The following is an article that appeared in the January 2004 issue of CASE Currents, a national magazine published by the Council for Advancement and Support of Education.

A stitch in time: Old T-shirts go from rags to remembrances
By Tracey Palmer

SEW COOL: The Binghamton University Alumni Association collected more than 100 campus-related T-shirts and turned them into five unique commemorative quilts. First displayed at Homecoming 2003, the quilts now hang in various locations around campus.

In 2002, Jordan Fox found himself with a closet full of T-shirts from his alma mater that he no longer wore, but he didn't want to throw away. Realizing there had to be other alumni who felt the same way about their well-worn mementos, the recent Binghamton University graduate and Homecoming Committee member proposed a novel use for them -- a Homecoming quilt.

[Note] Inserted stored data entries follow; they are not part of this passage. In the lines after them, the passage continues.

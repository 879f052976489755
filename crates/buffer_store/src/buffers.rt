ghost use Rattle.std.specs.Prelude.{◌≡◌, ◌≤◌, false, IsNone, IsSome, IfSome, OnOk, OnErr};
ghost use Rattle.std.specs.Option.{ForSome};
ghost use Rattle.std.specs.FinMap.{get, insert};
ghost use Rattle.step_count.specs.Content.{content as lent};
ghost use Rattle.gl_numbers.specs.declared.buffer_words.BufferTarget.TheVariants.{ElementArray};
ghost use Rattle.gl_numbers.specs.BufferWords.{usage_word};
ghost use Rattle.gl_numbers.specs.BufferBindings.{binding};
ghost use Rattle.gl_numbers.specs.BufferRules.{is_negative, whole};
ghost use Rattle.gl_numbers.specs.Limits.{buffer_bytes_max};
ghost use Rattle.gl_numbers.specs.Refusals.{Judged};
ghost use Rattle.buffer_store.specs.StoredBuffer.{IsSound, new_stored};
ghost use Rattle.buffer_store.specs.Content.{HasShortBytes};
ghost use Rattle.buffer_store.specs.Stored.{IsBoundFirst, IsOf, nothing_stored};
ghost use Rattle.buffer_store.specs.Rules.{JudgedOrRunsOut, bind_rules, bound_to_target, data_rules, filled, patched, sub_data_rules, without_buffer};

use crate::Content;
use crate::by_handle::ByHandle;
use crate::held::Held;
use gl_numbers::{BufferBindings, BufferTarget, GlError, Handle, Memory, Usage};
use std::alloc::Global;
use std::marker::Model;
use step_count::Bytes;

/// The buffers that a page made and what is bound, seen as the plain record `Stored`.
#[derive(Drop)]
pub struct Buffers {
    buffers: ByHandle,
    bound: BufferBindings,
    alloc: Global,
}

impl Model for Buffers {
    ghost use Rattle.buffer_store.specs.Stored.{Stored, AreBoundFirst};
    ghost use Rattle.buffer_store.specs.Codes.{stored_code};

    ghost Value = { Stored };

    ghost coded = { stored_code };

    ghost view = { λ a. record { buffers = a.buffers; bound = a.bound } };

    ghost invariant = { λ a. AreBoundFirst a.buffers a.bound };
}

impl Buffers {
    /// No buffer, and nothing bound. Takes no memory.
    #[inline]
    pub fn new(alloc: Global) -> Buffers
        ensures { result ≡ nothing_stored }
    {
        Buffers {
            buffers: ByHandle::new(alloc),
            bound: BufferBindings::new(),
            alloc,
        }
    }

    /// Adds the new buffer `h`, which isn't there yet: no bytes, usage STATIC_DRAW, bound to nothing. Err only
    /// where memory runs out, and then nothing changes.
    #[inline]
    pub fn add(&mut self, h: Handle) -> Result<(), Memory>
        requires { IsNone (get self.old.buffers h) }
        ensures ok { OnOk result (self.new ≡ record self.old { buffers = insert self.old.buffers h new_stored }) }
        ensures err { OnErr result (self.new ≡ self.old) }
    {
        self.buffers.add(h, Held::new())
    }

    /// Binds a buffer that is there, or none, to the target (OpenGL ES 2.0 section 2.9). Operation where the
    /// buffer was bound to the other target before (WebGL 1.0 section 6.1), and then nothing changes.
    #[inline]
    pub fn bind(&mut self, target: BufferTarget, h: Option<Handle>) -> Result<(), GlError>
        requires { ForSome h (λ q. IsSome (get self.old.buffers q)) }
        ensures judged { Judged (bind_rules self.old target h) result }
        ensures ok { OnOk result (self.new ≡ bound_to_target self.old target h) }
        ensures err { OnErr result (self.new ≡ self.old) }
    {
        if let Some(h) = h {
            let Ok(()) = self.buffers.claim(self.alloc, target, h) else {
                return Err(GlError::Operation);
            };
        }
        self.bound.set(target, h);
        Ok(())
    }

    /// Gives the bound buffer this content, of at most 67,108,864 bytes where they are given, and this usage
    /// (bufferData, OpenGL ES 2.0 section 2.9). Value where the size is above 67,108,864, Operation where
    /// nothing is bound, Memory only where memory runs out for the bytes of an element buffer; then nothing changes.
    #[inline]
    pub fn data(
        &mut self,
        target: BufferTarget,
        content: Content<'_>,
        usage: Usage,
    ) -> Result<(), GlError>
        requires { HasShortBytes content }
        ensures judged { JudgedOrRunsOut target (data_rules self.old target content.entry) result }
        ensures ok { OnOk result (self.new ≡ filled self.old target content.entry usage) }
        ensures err { OnErr result (self.new ≡ self.old) }
    {
        if content.is_long() {
            return Err(GlError::Value);
        }
        let Some(h) = self.bound(target) else {
            return Err(GlError::Operation);
        };
        let Ok(held) = Held::filled(self.alloc, target, content, usage) else {
            return Err(GlError::Memory);
        };
        self.buffers.replace(target, h, held);
        Ok(())
    }

    /// Writes these bytes into the bound buffer from the offset on (bufferSubData, OpenGL ES 2.0 section 2.9).
    /// Value where the offset is negative, Operation where nothing is bound, Value where the bytes end past the
    /// buffer's end, even if there are none; then nothing changes. Takes no memory.
    #[inline]
    pub fn sub_data(
        &mut self,
        target: BufferTarget,
        offset: i64,
        bytes: &[u8],
    ) -> Result<(), GlError>
        ensures judged { Judged (sub_data_rules self.old target offset bytes.now) result }
        ensures ok { OnOk result (self.new ≡ patched self.old target offset bytes.now) }
        ensures within { OnOk result ((is_negative offset ≡ false) × (whole offset ≤ buffer_bytes_max)) }
        ensures err { OnErr result (self.new ≡ self.old) }
    {
        let Ok(at) = u64::try_from(offset) else {
            return Err(GlError::Value);
        };
        let Some(h) = self.bound(target) else {
            return Err(GlError::Operation);
        };
        let size = u64::from(self.size(h));
        if at > size || bytes.len() as u64 > size - at {
            return Err(GlError::Value);
        }
        if target == BufferTarget::ElementArray {
            self.buffers.patch(h, at as usize, bytes);
        }
        Ok(())
    }

    /// The buffer that is bound to the target, which is there and was first bound to it.
    #[inline]
    pub fn bound(&self, target: BufferTarget) -> Option<Handle>
        ensures value { result ≡ binding self.now.bound target }
        ensures first { IsBoundFirst self.now.buffers target result }
    {
        self.bound.get(target)
    }

    /// The size in bytes of a buffer that is there, at most 67,108,864.
    #[inline]
    pub fn size(&self, h: Handle) -> u32
        requires { IsSome (get self.now.buffers h) }
        ensures value { IfSome (get self.now.buffers h) (λ b. result ≡ b.size) }
        ensures sound { IfSome (get self.now.buffers h) IsSound }
    {
        self.buffers.at(h).size()
    }

    /// The GL word of the usage of a buffer that is there.
    #[inline]
    pub fn usage(&self, h: Handle) -> u32
        requires { IsSome (get self.now.buffers h) }
        ensures { IfSome (get self.now.buffers h) (λ b. result ≡ usage_word b.usage) }
    {
        self.buffers.at(h).usage()
    }

    /// The bytes of a buffer that is there and was first bound to ELEMENT_ARRAY_BUFFER.
    pub fn element_bytes(&self, h: Handle) -> Bytes<'_>
        requires { IsOf ElementArray (get self.now.buffers h) }
        ensures value { IfSome (get self.now.buffers h) (λ b. lent result ≡ b.bytes) }
        ensures sound { IfSome (get self.now.buffers h) IsSound }
    {
        self.buffers.at(h).indices()
    }

    /// Forgets the buffer `h` and resets its bindings (deleteBuffer, OpenGL ES 2.0 section 2.9). Nothing changes where
    /// it isn't there.
    pub fn gone(&mut self, h: Handle)
        ensures { self.new ≡ without_buffer self.old h }
    {
        self.buffers.remove(h);
        self.bound.unbind(h);
    }
}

"Throughout 2002 we advertised in our alumni publications and on our website that we were collecting these shirts," says Rose Bacmanski Frierman, Binghamton's senior associate director of alumni and parent relations. "They came in from all over the country -- and from quite a range of class years." More than 50 alumni donated more than 100 T-shirts advertising a variety of campus organizations and events, from the University radio station to theater productions to reunion weekends to athletics teams. The alumni association hung the T-shirts on clotheslines at the 2002 homecoming before stitching them together.

"Our original idea was to have alumni office staff make the quilts," Frierman says, "but we received too many T-shirts and the task became overwhelming." A quilter herself, Frierman commissioned a friend, Pat Gleeson, to create what turned out to be five quilts. They debuted at Homecoming this past October, hanging from quilt frames outside during the afternoon barbecue. The Alumni Association plans to display them around campus.

"The quilts are a visual way of demonstrating all that happens on our campus, from athletics to cultural and religious organizations," Frierman says. "It takes all these different organizations to come together to make up the whole that is Binghamton University."

© 2004 by the Council for Advancement and Support of Education; reprinted with permission from the January 2004 CASE Currents. All rights reserved. About the Author: Tracey Palmer is a freelance writer based in Norwell, Mass.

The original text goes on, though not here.